Why I Decided Not to Have a Big Gay Wedding

My partner and I decided to get married during our trip to Brazil last winter. We had the marriage conversation before, but this time under the hot summer rain, in a small two-person tent, we made it official.

After working together to save our belongings from the pouring rain we stayed awake and began to converse about our feelings. Holding each other close we cried and expressed the unconditional love we have for each other. We were barely halfway through our trip, but it didn't take long to recognize there was no other person we would rather journey through life with. That night was one of the best moments in my life. I would even say it was the first time I ever truly felt love.

After three weeks we returned to the U.S. where we live together in New Haven, Connecticut. My partner is a visiting research scientist at Yale University and I work in communications at a local arts agency. Our coworkers and friends cheered with excitement for our new future together.

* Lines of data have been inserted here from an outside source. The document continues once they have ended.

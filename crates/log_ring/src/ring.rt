ghost use Rattle.std.specs.Prelude.{◌≡◌, ◌+◌, ◌<◌, ◌≤◌, [], IfErr, IfOk, IfSome, IfNone, OnErr, OnOk, false, length, slice_index, true};
ghost use Rattle.data_queue.specs.Change.{IsChange};
ghost use Rattle.log_rule.specs.Plays.{opener};
ghost use Rattle.log_ring.specs.Ends.{HasClosed};
ghost use Rattle.log_ring.specs.Seats.{AreJoined, IsIdle, Loses, Misses, Posts, Takes, view_of};
ghost use Rattle.log_ring.specs.Words.{AreWords, Fits, IsOpened};

use crate::end::{ended, last_of, write_back};
use crate::plays::{Draw, Fill, Find, Law, Look, Lose, Opened, Take};
use crate::seat::LogSeat;
use crate::words::{is_tagged, phase_at, tail_of, to_change, to_word, word_of};
use atomic_table::{Seat, Table};
use data_queue::{Change, DataQueue, Full};
use log_rule::View;
use std::alloc::Global;
use std::snapshot::Snapshot;

pub type Place = Seat<u8, View>;

/// A queue that threads share, in one word a cell and three more. Contracts see the queue as it was opened, which stays until
/// the log is closed.
#[derive(Drop)]
pub struct LogRing {
    pub table: Table<u8, View, Opened, Law, Global>,
    pub queue: DataQueue,
    pub ghost live: { (queue.live ≡ true) × (queue.marked ≡ false) },
    pub ghost bare: { table.shared.table_id.slots ≡ 0 },
    pub ghost sized: { table.shared.table_id.words ≡ length queue.cells + 3 },
    pub ghost opened: { IsOpened queue table.shared.key.cells table.shared.key.head table.shared.key.tail (λ c. slice_index table.shared.key.words.value.items (c + 3)) },
    pub ghost fits: { Fits table.shared.key.cells table.shared.key.head table.shared.key.tail },
}

impl LogRing {
    /// Opens a live queue whose mark is down.
    ///
    /// # Errors
    ///
    /// The queue as it was, where there is no memory for a word a cell and three more.
    pub fn open(alloc: Global, q: DataQueue) -> Result<(LogRing, LogSeat), DataQueue>
        requires { (q.live ≡ true) × (q.marked ≡ false) }
        ensures opened { IfOk result (λ r. r.0.queue ≡ q) }
        ensures seat { IfOk result (λ r. (r.1.badge.table_id ≡ r.0.table.shared.table_id) × (r.1.badge.id ≡ 0) × (view_of r.1.badge ≡ opener (length q.cells))) }
        ensures refused { IfErr result (λ b. b ≡ q) }
    {
        let live = q.live();
        prove!(live);
        let places = q.places();
        let cells = u64::from(q.size());
        let tail = tail_of(places, cells);
        let head = tail - u64::from(places.waiting);
        let Some(words) = first_words(alloc, &q, head, tail) else {
            return Err(q);
        };
        let about = Opened {
            cells,
            head,
            tail,
            words: Snapshot::of(&words),
        };
        match Table::of_words(alloc, words.as_slice(), &about) {
            Ok((table, seat)) => {
                let ring = LogRing { table, queue: q };
                let seat = LogSeat {
                    badge: seat.into_badge(),
                };
                Ok((ring, seat))
            }
            Err(_) => Err(q),
        }
    }

    pub(crate) fn post(&self, seat: &mut Place, c: Change) -> Result<(), Full>
        requires ring { (seat.old.table_id ≡ self.now.table.shared.table_id) × (seat.old.me.1 ≡ []) }
        requires idle { IsIdle seat.old.me.0 }
        requires change { IsChange c }
        requires budget { 0 < seat.old.me.0.budget }
        ensures same { (seat.new.table_id ≡ seat.old.table_id) × (seat.new.id ≡ seat.old.id) × (seat.new.me.1 ≡ []) }
        ensures idle { IsIdle seat.new.me.0 }
        ensures posted { OnOk result (Posts (length self.now.queue.cells) c seat.old.me.0 seat.new.me.0) }
        ensures full { OnErr result (Loses (length self.now.queue.cells) seat.old.me.0 seat.new.me.0) }
    {
        let shared = &self.table.shared;
        let cells = u64::from(self.queue.size());
        let at = shared.fetch_add::<Draw>(seat, 0, 1);
        let head = shared.load::<Look>(seat, 1);
        if at >= head + cells {
            shared.swap::<Lose>(seat, 2, 1);
            return Err(Full);
        }
        let word = to_word(c, phase_at(cells, at));
        shared.swap::<Fill>(seat, (at % cells) as usize + 3, word);
        Ok(())
    }

    pub(crate) fn take(&self, seat: &mut Place) -> Option<Change>
        requires ring { (seat.old.table_id ≡ self.now.table.shared.table_id) × (seat.old.me.1 ≡ []) }
        requires first { (seat.old.id ≡ 0) × (seat.old.me.0.cells ≡ length self.now.queue.cells) }
        requires idle { IsIdle seat.old.me.0 }
        ensures same { (seat.new.table_id ≡ seat.old.table_id) × (seat.new.id ≡ seat.old.id) × (seat.new.me.1 ≡ []) }
        ensures idle { IsIdle seat.new.me.0 }
        ensures taken { IfSome result (λ c. Takes (length self.now.queue.cells) c seat.old.me.0 seat.new.me.0) }
        ensures none { IfNone result (Misses (length self.now.queue.cells) seat.old.me.0 seat.new.me.0) }
    {
        let shared = &self.table.shared;
        let cells = u64::from(self.queue.size());
        let head = shared.load::<Look>(seat, 1);
        let word = shared.load::<Find>(seat, (head % cells) as usize + 3);
        if is_tagged(word) != phase_at(cells, head) {
            return None;
        }
        shared.fetch_add::<Take>(seat, 1, 1);
        Some(to_change(word))
    }

    /// Makes it one thread's queue again. Its cells have the entries' bytes.
    pub fn close(self, seat: LogSeat) -> DataQueue
        requires ring { seat.badge.table_id ≡ self.table.shared.table_id }
        requires first { seat.badge.id ≡ 0 }
        requires back { AreJoined (view_of seat.badge) }
        ensures { HasClosed self.queue self.table.shared.key.head self.table.shared.key.tail (view_of seat.badge) result }
    {
        let LogRing { table, queue } = self;
        let (mut cells, places) = queue.into_parts();
        let LogSeat { badge } = seat;
        let size = cells.len() as u64;
        let first = tail_of(places, size);
        let closed = table.close_with(badge.into_seat());
        let (tail, head, mark) = (closed.word(0), closed.word(1), closed.word(2));
        let last = last_of(&closed, size, head, tail);
        write_back(&closed, &mut cells, first, last);
        closed.free();
        DataQueue::from_parts(cells, ended(size, head, last, mark))
    }
}

/// The words with which a queue is opened: the tail, the head, no mark, and those of its cells.
fn first_words(alloc: Global, q: &DataQueue, head: u64, tail: u64) -> Option<Vec<u64>>
    ensures size { IfSome result (λ w. length w.items ≡ length q.now.cells + 3) }
    ensures ends { IfSome result (λ w. (slice_index w.items 0 ≡ tail) × (slice_index w.items 1 ≡ head) × (slice_index w.items 2 ≡ 0)) }
    ensures cells { IfSome result (λ w. AreWords q.now (λ c. slice_index w.items (c + 3))) }
{
    let size = q.size();
    let mut words = Vec::with_capacity(alloc, size as usize + 3).ok()?;
    words.push_reserved(tail);
    words.push_reserved(head);
    words.push_reserved(0);
    for i in 0..size {
        words.push_reserved(word_of(q.cell(i)));
    }
    Some(words)
}
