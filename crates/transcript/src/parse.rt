ghost use Rattle.std.specs.Prelude.{◌≡◌, ◌↔◌, true, Ok, MatchResult};
ghost use Rattle.nvm_model.specs.Text.{line_text, IsLine, HasForm};
ghost use Rattle.nvm_model.specs.declared.line.Line.{Line as TheLine};

use crate::guess::guess;
use crate::{Line, LineBuf, Outcome, print_line};

/// The bytes are no line of a transcript.
#[derive(Clone, Copy, Debug, PartialEq, Eq)]
pub struct NotALine;

/// Whether no digest stands beside `Differs`.
fn has_form(line: &Line) -> bool
    ensures { (result ≡ true) ↔ HasForm line.now }
{
    match line {
        Line::Piece {
            outcome: Outcome::Differs { .. },
            digest: Some(_),
            ..
        } => false,
        _ => true,
    }
}

/// Whether the text is the line's.
fn has_text(line: &Line, text: &[u8]) -> bool
    ensures exact { (result ≡ true) ↔ (text.now ≡ line_text line.now) }
    ensures form { HasForm line.now → IsLine line.now }
{
    let mut out = LineBuf::new();
    print_line(line, &mut out);
    out.bytes() == text
}

/// Whether the line is in range and the text is its text.
#[tactic(auto, using(crate::proofs::Lines::form_of))]
fn is_line(line: &Line, text: &[u8]) -> bool
    ensures { (result ≡ true) ↔ (IsLine line.now × (text.now ≡ line_text line.now)) }
{
    has_form(line) && has_text(line, text)
}

/// Reads one line, with its line feed. The line that is guessed is printed and compared with the text.
pub fn parse_line(text: &[u8]) -> Result<Line, NotALine>
    // What is read is in range, and the text is its text, each byte of it. If nothing is read, no line has the text.
    ensures exact { MatchResult result (λ l. IsLine l × (text.now ≡ line_text l)) (λ e. (l : TheLine) → IsLine l → text.now ≡ line_text l → ⊥) }
    // A line in range is read from its text.
    ensures only { (l : TheLine) → IsLine l → text.now ≡ line_text l → result ≡ Ok l }
{
    let Ok(line) = guess(text) else {
        return Err(NotALine);
    };
    if is_line(&line, text) {
        Ok(line)
    } else {
        Err(NotALine)
    }
}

We made our first appearance as fiancés at a Beyoncé themed birthday party (no, we were not the hosts). It was January so everyone was still high on the surprise album. It was here that the dreaded questions started happening, Did you pick a date? How did it happen? Tell me everything!

Normally this type of excitement is expected of close friends and family. As close relatives they have been there through the bad breakups, the hookups and the first date. But the people poking for juicy details we barely knew them. Nevertheless, the bride inside told everyone the story. We're engaged!

The next few weeks were just like the Beyoncé party only new conversations had developed. Suddenly people were offering advice about where to get married and suggesting party planners and photographers for wedding photos. The new questions were, "What's the theme? Are you going to share the news on Facebook? Do I get to give a toast?" It always ended with, "This is going to be so fun!"

The original joy I had telling the story of that rainy night in the tent suddenly felt empty. I started to wish I never told anyone what my partner and I discussed on that rainy night. The continued questions about the ceremony started to feel like pressure. With every question I thought, Wow. I have to create a perfect wedding for everyone else.

At the height of my engagement my first art show as a curator, Once In A Lifetime opened at my office gallery. It was a huge success that brought in a nice amount of press and a variety of locals to the reception. At an after party at a nearby bar called, Ordinary I celebrated with specialty cocktails inspired by the exhibition and music by my friend Brian Kiss. Everyone was celebrating the David Byrne inspired exhibition and it felt good to be amongst friends. The love in the room made me feel as if the bride inside could plan a great celebration like this. I even revealed to a friend some themes I had been thinking about.

As the weeks went on I still had no concrete ideas for the wedding. I was too busy breaking the news to my family. Unlike the first announcement, I did not receive the same hugs and congratulations. None of my closest relatives asked the questions the others did. Most of them never addressed the news. Being from a black Christian family I certainly was not expecting the same reaction, but I was hoping for at least a blessing. Suddenly, I was missing the excitement.

My family's reactions did give me a look at how my wedding would turn out. In the end, it would be me with a few of my friends celebrating like we did after the art opening. My family would not be there and with my partner being from Brazil, his friends and family wouldn't be there either.

Then everything clicked. I realized that my wedding was not an art show or a family reunion. I am not planning an event for the community or waiting for an approval; I am starting my future. This was the start of the life I dreamed of and it truly began that rainy night on the beach in Paraty, Rio de Janeiro. That was the wedding I wanted all along. There was no drama, no unnecessary speeches or awkward conversation, no overspending, no themes and no rings. We were in a landscape paradise and the most important guests were in attendance. That is what love is.

In the end, we landed on the decision of having a private ceremony -- the grand idea my partner had from the beginning. Unsure of how to begin the process we went to City Hall to obtain our marriage license and get more information.

The receptionist at City Hall told us we had about two months to have a ceremony before the license is considered void and we would have to start over. She then offered us to have our ceremony right there. We looked at each other and agreed.

On Earth Day, April 22, 2014, I married my partner for life. We celebrated with champagne and a hearty lunch at a nearby bistro. Like the night in Brazil and as most of our life will be together, it was simple, romantic and just the two of us. I couldn't have asked for a better way to start my journey with the love of my life.